PURPOSE: To study the dosimetry impact of deformable image registration (DIR) using radiophotoluminescent glass dosimeter (RPLD) and custom developed phantom with various inserts. METHODS: The phantom was developed to facilitate simultaneous evaluation of geometric and dosimetric accuracy of DIR. Four computed tomography (CT) images of the phantom were acquired with four different configurations. Four volumetric modulated arc therapy (VMAT) plans were computed for different phantom. Two different patterns were applied to combination of four phantom configurations. RPLD dose measurement was combined between corresponding two phantom configurations. DIR-based dose accumulation was calculated between corresponding two CT images with two commercial DIR software and various DIR parameter settings, and an open source software. Accumulated dose calculated using DIR was then compared with measured dose using RPLD. RESULTS: The mean ± standard deviation (SD) of dose difference was 2.71 ± 0.23% (range, 2.22%-3.01%) for tumor-proxy and 3.74 ± 0.79% (range, 1.56%-4.83%) for rectum-proxy. The mean ± SD of target registration error (TRE) was 1.66 ± 1.36 mm (range, 0.03-4.43 mm) for tumor-proxy and 6.87 ± 5.49 mm (range, 0.54-17.47 mm) for rectum-proxy. These results suggested that DIR accuracy had wide range among DIR parameter setting. CONCLUSIONS: The dose difference observed in our study was 3% for tumor-proxy and within 5% for rectum-proxy. The custom developed physical phantom with inserts showed potential for accurate evaluation of DIR-based dose accumulation. The prospect of simultaneous evaluation of geometric and dosimetric DIR accuracy in a single phantom may be useful for validation of DIR for clinical use.

Development of a physical geometric phantom for deformable image registration credentialing of radiotherapy centers for a clinical trial.

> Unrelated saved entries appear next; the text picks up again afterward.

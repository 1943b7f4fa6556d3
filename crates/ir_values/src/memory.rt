//! Want of memory.
use std::alloc::{AllocError, AllocFailed};
use std::fmt;

/// There was no memory for what a call makes. It says nothing of the input, and what was lent to
/// the call is unchanged.
#[derive(Clone, Copy, Debug, PartialEq, Eq, Hash)]
pub struct Memory;

impl From<AllocError> for Memory {
    fn from(_e: AllocError) -> Memory {
        Memory
    }
}

impl<T: Drop> From<AllocFailed<T>> for Memory {
    fn from(_e: AllocFailed<T>) -> Memory {
        Memory
    }
}

impl fmt::Display for Memory {
    fn fmt<W: fmt::Write>(&self, f: &mut fmt::Formatter<W>) -> fmt::Result {
        f.write_str("out of memory")
    }
}
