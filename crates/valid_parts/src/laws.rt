//! Laws of the parts of lowered programs. What each function ensures is the law; its body only cites the
//! laws that it rests on.
ghost use Rattle.valid_parts.specs.Laws.{ConstantsHold, JumpsFit, LabelsHold, PartsStart, ScopesHold, TypesHold};

use valid_lines::laws::items_are_valid;

/// The first part has no parameters, and every jump leads to another part in range.
pub fn parts_start()
    ensures { PartsStart }
{}

/// The arguments of jumps fit the parameters of the parts that they lead to, and two jumps of one tail to
/// one part have equal arguments.
pub fn jumps_fit()
    ensures { JumpsFit }
{}

/// Each Dynamic value is given once, and a part uses only its parameters and what its earlier lines give.
pub fn scopes_hold()
    ensures { ScopesHold }
{}

/// Each value has the type or the width of its place.
pub fn types_hold()
    ensures { TypesHold }
{}

/// The constant results one and zero stand only in comparisons.
pub fn constants_hold()
    ensures { ConstantsHold }
{
    items_are_valid();
}

/// Labels are in range of the constants.
pub fn labels_hold()
    ensures { LabelsHold }
{
    items_are_valid();
}
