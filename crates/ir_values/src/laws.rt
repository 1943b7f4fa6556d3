//! Laws of types and classes. Each function does nothing: what it ensures is the law.
ghost use Rattle.ir_values.specs.ClassTypes.{ClassTellsTypes, WordsTellTypes};

/// A declared function that has a class returns and takes what a function of that class does: a gate
/// returns nothing and takes no result, a measurement returns nothing and takes exactly one.
pub fn class_tells_types()
    ensures { ClassTellsTypes }
{}

/// Two functions of the same words return and take the same types.
pub fn words_tell_types()
    ensures { WordsTellTypes }
{}
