//! The causes that end a run.

/// Why an instruction ends a run.
#[derive(Clone, Copy, Debug, PartialEq, Eq, Hash)]
pub enum Cause {
    /// A division by zero.
    DivZero,
    /// A signed division of the least value by -1.
    Overflow,
    /// A broken flag, or a shift by the width or more.
    Poison,
    /// A result that was never measured is read.
    ReadUnset,
    /// A qubit that isn't held is used or released.
    Released,
    /// A qubit that no allocation gave is released.
    BadRelease,
    /// A measurement into a constant result.
    ConstResult,
    /// A local name without a value is read.
    Unbound,
}
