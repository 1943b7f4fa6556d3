//! A list with room for more, whose pushes need no memory while there is room.
ghost use Rattle.std.specs.Prelude.{◌≡◌, ◌+◌, ◌-◌, ◌<◌, ◌≤◌, [], ◌∷◌, ◌++◌, length, OnOk, OnErr, IfErr, IsOk};

use crate::memory::Memory;
use crate::seq::Seq;
use std::alloc::{AllocFailed, Global};
use std::marker::Model;

/// A list of items, seen by contracts as its items and the number of items that it has room for.
#[derive(Debug, Drop)]
pub struct Room<T> {
    items: Vec<T>,
}

impl<T> Model for Room<T> {
    ghost use Rattle.std.specs.Prelude.{◌-◌, vec_len, vec_capacity};
    ghost use Rattle.ir_values.specs.Room.{Roomy, roomy_code};

    ghost Value = { Roomy T };

    ghost coded = { roomy_code T.code };

    ghost view = { λ r. record { items = r.items.items; spare = vec_capacity r.items - vec_len r.items } };
}

impl<T> Room<T> {
    /// The empty list. It takes no memory.
    pub fn new(alloc: Global) -> Room<T>
        ensures { result.items ≡ [] }
    {
        Room {
            items: Vec::new(alloc),
        }
    }

    /// The items.
    pub fn as_slice(&self) -> &[T]
        ensures { result.now ≡ self.now.items }
    {
        self.items.as_slice()
    }

    /// Makes room for `k` items more. [`Memory`] leaves the items as they were.
    pub fn reserve(&mut self, k: usize) -> Result<(), Memory>
        ensures room { OnOk result (k ≤ self.new.spare) }
        ensures items { self.new.items ≡ self.old.items }
        ensures kept { self.old.spare ≤ self.new.spare }
    {
        self.items.reserve(k)?;
        Ok(())
    }

    /// Adds `x` last, which needs no memory where there is room. An error hands `x` back and leaves the
    /// items as they were.
    pub fn push(&mut self, x: T) -> Result<(), AllocFailed<T>>
        ensures ok { OnOk result (self.new.items ≡ self.old.items ++ x ∷ []) }
        ensures err { OnErr result (self.new.items ≡ self.old.items) }
        ensures back { IfErr result (λ failed. failed.value ≡ x) }
        ensures succeeds { 0 < self.old.spare → IsOk result }
        ensures spare { self.old.spare ≤ self.new.spare + 1 }
    {
        self.items.push(x)
    }

    /// The list alone. It takes no memory.
    pub fn into_seq(self) -> Seq<T>
        ensures { result ≡ self.items }
    {
        let Room { items } = self;
        Seq::from_vec(items)
    }
}

impl<T: Copy + Drop> Room<T> {
    /// Adds the items of a slice last, which needs no memory where there is room for all of them.
    /// [`Memory`] leaves the items as they were.
    pub fn extend_from_slice(&mut self, more: &[T]) -> Result<(), Memory>
        ensures ok { OnOk result (self.new.items ≡ self.old.items ++ more.now) }
        ensures err { OnErr result (self.new.items ≡ self.old.items) }
        ensures succeeds { length more.now ≤ self.old.spare → IsOk result }
        ensures spare { self.old.spare ≤ self.new.spare + length more.now }
    {
        self.items.extend_from_slice(more)?;
        Ok(())
    }
}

PURPOSE: This study aimed to develop a physical geometric phantom for the deformable image registration (DIR) credentialing of radiotherapy centers for a clinical trial and tested the feasibility of the proposed phantom at multiple domestic and international institutions. METHODS AND MATERIALS: The phantom reproduced tumor shrinkage, rectum shape change, and body shrinkage using several physical phantoms with custom inserts. We tested the feasibility of the proposed phantom using 5 DIR patterns at 17 domestic and 2 international institutions (21 datasets). Eight institutions used the MIM software (MIM Software Inc, Cleveland, OH); seven used Velocity (Varian Medical Systems, Palo Alto, CA), and six used RayStation (RaySearch Laboratories, Stockholm, Sweden). The DIR accuracy was evaluated using the Dice similarity coefficient (DSC) and Hausdorff distance (HD). RESULTS: The mean and one standard deviation (SD) values (range) of DSC were 0.909 ± 0.088 (0.434-0.984) and 0.909 ± 0.048 (0.726-0.972) for tumor and rectum proxies, respectively. The mean and one SD values (range) of the HD value were 5.02 ± 3.32 (1.53-20.35) and 5.79 ± 3.47 (1.22-21.48) (mm) for the tumor and rectum proxies, respectively. In three patterns evaluating the DIR accuracy within the entire phantom, 61.9% of the data had more than a DSC of 0.8 in both tumor and rectum proxies. In two patterns evaluating the DIR accuracy by focusing on tumor and rectum proxies, all data had more than a DSC of 0.8 in both tumor and rectum proxies. CONCLUSIONS: The wide range of DIR performance highlights the importance of optimizing the DIR process. Thus, the proposed method has considerable potential as an evaluation tool for DIR credentialing and quality assurance.